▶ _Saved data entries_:
******
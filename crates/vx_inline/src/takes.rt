// What value of the caller each value of the callee takes, as a table.

ghost use Rattle.std.specs.Prelude.{◌≡◌, ℕ, IfOk, slice_get};
ghost use Rattle.vx_flow.specs.declared.graph.Bank.{Bank};
ghost use Rattle.vx_flow.specs.Operands.{with_value_in, with_values};
ghost use Rattle.vx_flow.specs.Rows.{Rising};
ghost use Rattle.vx_inline.specs.Inlined.{bank_of, beside};
ghost use Rattle.vx_inline.specs.Taking.{Tells, taken_by, value_at};
ghost use Rattle.vx_inline.specs.Values.{of_bank};

use crate::by_bank::ByBank;
use std::alloc::Global;
use vx_base::outcome::NoMemory;
use vx_base::sizes::number_of;
use vx_flow::graph::{Bank, Op, Operand, Value};

/// For each value of the callee the one that it takes: the named ones of each bank, ascending, take the free ones, ascending, and
/// the others themselves.
#[tactic(auto, using(crate::proofs::Tables::told_more))]
pub(crate) fn takes(
    alloc: Global,
    banks: &[Bank],
    named: &ByBank,
    free: &ByBank,
) -> Result<Vec<Value>, NoMemory>
    requires { (bank : Bank) → Rising (of_bank named.now bank) }
    ensures { IfOk result (λ to. Tells banks.now named.now free.now to.items) }
{
    let count = number_of(banks.len())?;
    let mut to = Vec::new(alloc);
    for value in 0..count {
        to.push(taken(banks, named, free, value))?;
    }
    Ok(to)
}

fn taken(banks: &[Bank], named: &ByBank, free: &ByBank, value: Value) -> Value
    requires { (bank : Bank) → Rising (of_bank named.now bank) }
    ensures { result ≡ taken_by banks.now named.now free.now value }
{
    let bank = bank_at(banks, value);
    beside(named.of(bank), free.of(bank), value)
}

fn bank_at(banks: &[Bank], value: Value) -> Bank
    ensures { result ≡ bank_of (slice_get banks.now value) }
{
    match banks.get(value as usize) {
        Some(bank) => *bank,
        None => Bank::General,
    }
}

/// What stands beside a value in two lists; the value itself where nothing does.
#[tactic(auto, using(crate::proofs::Tables::beside_some, crate::proofs::Tables::beside_past, crate::proofs::Tables::beside_missed))]
fn beside(named: &[Value], free: &[Value], value: Value) -> Value
    requires { Rising named.now }
    ensures { result ≡ beside named.now free.now value }
{
    match named.binary_search(&value) {
        Ok(place) => match free.get(place) {
            Some(taken) => *taken,
            None => value,
        },
        Err(_) => value,
    }
}

/// What a value takes, by the table; itself where it has none.
pub(crate) fn value_at(to: &[Value], value: Value) -> Value
    ensures { result ≡ value_at to.now value }
{
    match to.get(value as usize) {
        Some(taken) => *taken,
        None => value,
    }
}

/// An operand with what its value takes.
pub(crate) fn renamed_operand(to: &[Value], operand: &Operand) -> Operand
    ensures { result ≡ with_value_in (value_at to.now) operand.now }
{
    match operand {
        Operand::Held(value) => Operand::Held(value_at(to, *value)),
        Operand::Number(number) => Operand::Number(*number),
        Operand::Stack => Operand::Stack,
    }
}

/// An operation with what its values take.
pub(crate) fn renamed(table: &[Value], op: &Op) -> Op
    ensures { result ≡ with_values (value_at table.now) op.now }
{
    match op {
        Op::Compute {
            code,
            to,
            left,
            right,
        } => Op::Compute {
            code: *code,
            to: value_at(table, *to),
            left: renamed_operand(table, left),
            right: renamed_operand(table, right),
        },
        Op::Select {
            to,
            test,
            left,
            right,
        } => Op::Select {
            to: value_at(table, *to),
            test: value_at(table, *test),
            left: renamed_operand(table, left),
            right: renamed_operand(table, right),
        },
        Op::Place { to, array, index } => Op::Place {
            to: value_at(table, *to),
            array: *array,
            index: renamed_operand(table, index),
        },
        Op::Load {
            to,
            array,
            place,
            dismissible,
        } => Op::Load {
            to: value_at(table, *to),
            array: *array,
            place: renamed_operand(table, place),
            dismissible: *dismissible,
        },
        Op::Store { array, place, from } => Op::Store {
            array: *array,
            place: renamed_operand(table, place),
            from: renamed_operand(table, from),
        },
        Op::More { to } => Op::More {
            to: value_at(table, *to),
        },
        Op::Input { to } => Op::Input {
            to: value_at(table, *to),
        },
        Op::Text { number } => Op::Text { number: *number },
        Op::Decimal { from } => Op::Decimal {
            from: renamed_operand(table, from),
        },
        Op::Across { to, from } => Op::Across {
            to: value_at(table, *to),
            from: value_at(table, *from),
        },
        Op::Base { to, array, from } => Op::Base {
            to: value_at(table, *to),
            array: *array,
            from: *from,
        },
        Op::PlaceIn {
            to,
            array,
            base,
            index,
        } => Op::PlaceIn {
            to: value_at(table, *to),
            array: *array,
            base: value_at(table, *base),
            index: renamed_operand(table, index),
        },
    }
}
******
▶ _Problem to solve_:
Reproduce the preceding records exactly and completely.

▶ _Answer area_:
filename crates/vx_inline/src/takes.rt
// What value of the caller each value of the callee takes, as a table.

ghost use Rattle.std.specs.Prelude.{◌≡◌, ℕ, IfOk, slice_get};
ghost use Rattle.vx_flow.specs.declared.graph.Bank.{Bank};
ghost use Rattle.vx_flow.specs.Operands.{with_value_in, with_values};
ghost use Rattle.vx_flow.specs.Rows.{Rising};
ghost use Rattle.vx_inline.specs.Inlined.{bank_of, beside};
ghost use Rattle.vx_inline.specs.Taking.{Tells, taken_by, value_at};
ghost use Rattle.vx_inline.specs.Values.{of_bank};

use crate::by_bank::ByBank;
use std::alloc::Global;
use vx_base::outcome::NoMemory;
use vx_base::sizes::number_of;
use vx_flow::graph::{Bank, Op, Operand, Value};

/// For each value of the callee the one that it takes: the named ones of each bank, ascending, take the free ones, ascending, and
/// the others themselves.
#[tactic(auto, using(crate::proofs::Tables::told_more))]
pub(crate) fn takes(
    alloc: Global,
    banks: &[Bank],
    named: &ByBank,
    free: &ByBank,
) -> Result<Vec<Value>, NoMemory>
    requires { (bank : Bank) → Rising (of_bank named.now bank) }
    ensures { IfOk result (λ to. Tells banks.now named.now free.now to.items) }
{
    let count = number_of(banks.len())?;
    let mut to = Vec::new(alloc);
    for value in 0..count {
        to.push(taken(banks, named, free, value))?;
    }
    Ok(to)
}

fn taken(banks: &[Bank], named: &ByBank, free: &ByBank, value: Value) -> Value
    requires { (bank : Bank) → Rising (of_bank named.now bank) }
    ensures { result ≡ taken_by banks.now named.now free.now value }
{
    let bank = bank_at(banks, value);
    beside(named.of(bank), free.of(bank), value)
}

fn bank_at(banks: &[Bank], value: Value) -> Bank
    ensures { result ≡ bank_of (slice_get banks.now value) }
{
    match banks.get(value as usize) {
        Some(bank) => *bank,
        None => Bank::General,
    }
}

/// What stands beside a value in two lists; the value itself where nothing does.
#[tactic(auto, using(crate::proofs::Tables::beside_some, crate::proofs::Tables::beside_past, crate::proofs::Tables::beside_missed))]
fn beside(named: &[Value], free: &[Value], value: Value) -> Value
    requires { Rising named.now }
    ensures { result ≡ beside named.now free.now value }
{
    match named.binary_search(&value) {
        Ok(place) => match free.get(place) {
            Some(taken) => *taken,
            None => value,
        },
        Err(_) => value,
    }
}

/// What a value takes, by the table; itself where it has none.
pub(crate) fn value_at(to: &[Value], value: Value) -> Value
    ensures { result ≡ value_at to.now value }
{
    match to.get(value as usize) {
        Some(taken) => *taken,
        None => value,
    }
}

/// An operand with what its value takes.
pub(crate) fn renamed_operand(to: &[Value], operand: &Operand) -> Operand
    ensures { result ≡ with_value_in (value_at to.now) operand.now }
{
    match operand {
        Operand::Held(value) => Operand::Held(value_at(to, *value)),
        Operand::Number(number) => Operand::Number(*number),
        Operand::Stack => Operand::Stack,
    }
}

/// An operation with what its values take.
pub(crate) fn renamed(table: &[Value], op: &Op) -> Op
    ensures { result ≡ with_values (value_at table.now) op.now }
{
    match op {
        Op::Compute {
            code,
            to,
            left,
            right,
        } => Op::Compute {
            code: *code,
            to: value_at(table, *to),
            left: renamed_operand(table, left),
            right: renamed_operand(table, right),
        },
        Op::Select {
            to,
            test,
            left,
            right,
        } => Op::Select {
            to: value_at(table, *to),
            test: value_at(table, *test),
            left: renamed_operand(table, left),
            right: renamed_operand(table, right),
        },
        Op::Place { to, array, index } => Op::Place {
            to: value_at(table, *to),
            array: *array,
            index: renamed_operand(table, index),
        },
        Op::Load {
            to,
            array,
            place,
            dismissible,
        } => Op::Load {
            to: value_at(table, *to),
            array: *array,
            place: renamed_operand(table, place),
            dismissible: *dismissible,
        },
        Op::Store { array, place, from } => Op::Store {
            array: *array,
            place: renamed_operand(table, place),
            from: renamed_operand(table, from),
        },
        Op::More { to } => Op::More {
            to: value_at(table, *to),
        },
        Op::Input { to } => Op::Input {
            to: value_at(table, *to),
        },
        Op::Text { number } => Op::Text { number: *number },
        Op::Decimal { from } => Op::Decimal {
            from: renamed_operand(table, from),
        },
        Op::Across { to, from } => Op::Across {
            to: value_at(table, *to),
            from: value_at(table, *from),
        },
        Op::Base { to, array, from } => Op::Base {
            to: value_at(table, *to),
            array: *array,
            from: *from,
        },
        Op::PlaceIn {
            to,
            array,
            base,
            index,
        } => Op::PlaceIn {
            to: value_at(table, *to),
            array: *array,
            base: value_at(table, *base),
            index: renamed_operand(table, index),
        },
    }
}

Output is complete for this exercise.